## EXERCISE AIM
Look through the data below for the line with "for a node." and the line with "if is_newer_than(graph, marks, made, cut, *prerequisite", then output those two and all lines in between, exactly as written.

## DATA FOR ANALYSIS

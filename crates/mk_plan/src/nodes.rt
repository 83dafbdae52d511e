//! Which prerequisites of a node are newer, and whether a node without a recipe was remade.
ghost use Rattle.std.specs.Prelude.{◌≡◌, ◌<◌, ◌||◌, length, map, IfOk};
ghost use Rattle.std.specs.List.{list_any};
ghost use Rattle.mk_graph.specs.Edges.{row};
ghost use Rattle.mk_names.specs.Names.{name_at};
ghost use Rattle.mk_seen.specs.Nodes.{is_marked};
ghost use Rattle.mk_plan.specs.Nodes.{was_cut};
ghost use Rattle.mk_plan.specs.Tests.{is_newer_than, newer_words, ends_remade};

use mk_nodes::{Graph, is_unfinished};
use mk_seen::{
    entry_of, is_later, is_marked, look_of, made_of, mark_counted, marks_of, name_of, stamp_of,
};
use mk_verdict::Mark;
use std::alloc::{AllocError, Global};

/// Whether the recipe of a node was cut off, so that in the wide profile nothing tells what went into its file.
pub(crate) fn was_cut(graph: &Graph, node: usize) -> bool
    ensures { result ≡ was_cut graph.now node }
{
    graph.macros.profile().is_wide() && is_unfinished(entry_of(graph, node))
}

/// Whether a prerequisite, of which the state has this mark, is among the words of `$?` for a target that was made then, unless its
/// recipe was cut off.
pub(crate) fn is_newer_than(
    graph: &Graph,
    marks: &[bool],
    made: Option<i128>,
    was_cut: bool,
    prerequisite: usize,
    mark: Mark,
) -> bool
    ensures { result ≡ is_newer_than graph.now marks.now made was_cut (prerequisite, mark) }
{
    let look = look_of(graph, prerequisite);
    made.is_none()
        || was_cut
        || is_later(stamp_of(graph, prerequisite), made)
        || is_marked(marks, prerequisite)
        || mark_counted(look, mark).differs(look)
}

/// The words of `$?` for a node.
pub fn newer_words<'g>(
    alloc: Global,
    graph: &'g Graph,
    marks: &[bool],
    node: usize,
) -> Result<Vec<&'g [u8]>, AllocError>
    requires { node < length graph.now.nodes.items }
    ensures { IfOk result (λ words. map (λ word. word.now) words.items ≡ newer_words graph.now marks.now node) }
{
    let mut words = Vec::new(alloc);
    let mut kept = marks_of(graph, node);
    let made = made_of(graph, node);
    let cut = was_cut(graph, node);
    for prerequisite in graph.hard.row(node) {
        let mark = kept.take_mark();
        if is_newer_than(graph, marks, made, cut, *prerequisite as usize, mark) {
            words.push(name_of(graph, *prerequisite as usize))?;
        }
    }
    Ok(words)
}

/// Whether some of the nodes is marked.
fn is_any_marked(marks: &[bool], nodes: &[u32]) -> bool
    ensures { result ≡ list_any (is_marked marks.now) nodes.now }
{
    nodes.iter().any(|node| is_marked(marks, *node as usize))
}

/// Whether a node without a recipe counts as remade.
pub fn ends_remade(graph: &Graph, marks: &[bool], node: usize) -> bool
    requires { node < length graph.now.nodes.items }
    ensures { result ≡ ends_remade graph.now marks.now node }
{
    stamp_of(graph, node).is_none() || is_any_marked(marks, graph.hard.row(node))
}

## ANSWER TO THE EXERCISE
/// The words of `$?` for a node.
pub fn newer_words<'g>(
    alloc: Global,
    graph: &'g Graph,
    marks: &[bool],
    node: usize,
) -> Result<Vec<&'g [u8]>, AllocError>
    requires { node < length graph.now.nodes.items }
    ensures { IfOk result (λ words. map (λ word. word.now) words.items ≡ newer_words graph.now marks.now node) }
{
    let mut words = Vec::new(alloc);
    let mut kept = marks_of(graph, node);
    let made = made_of(graph, node);
    let cut = was_cut(graph, node);
    for prerequisite in graph.hard.row(node) {
        let mark = kept.take_mark();
        if is_newer_than(graph, marks, made, cut, *prerequisite as usize, mark) {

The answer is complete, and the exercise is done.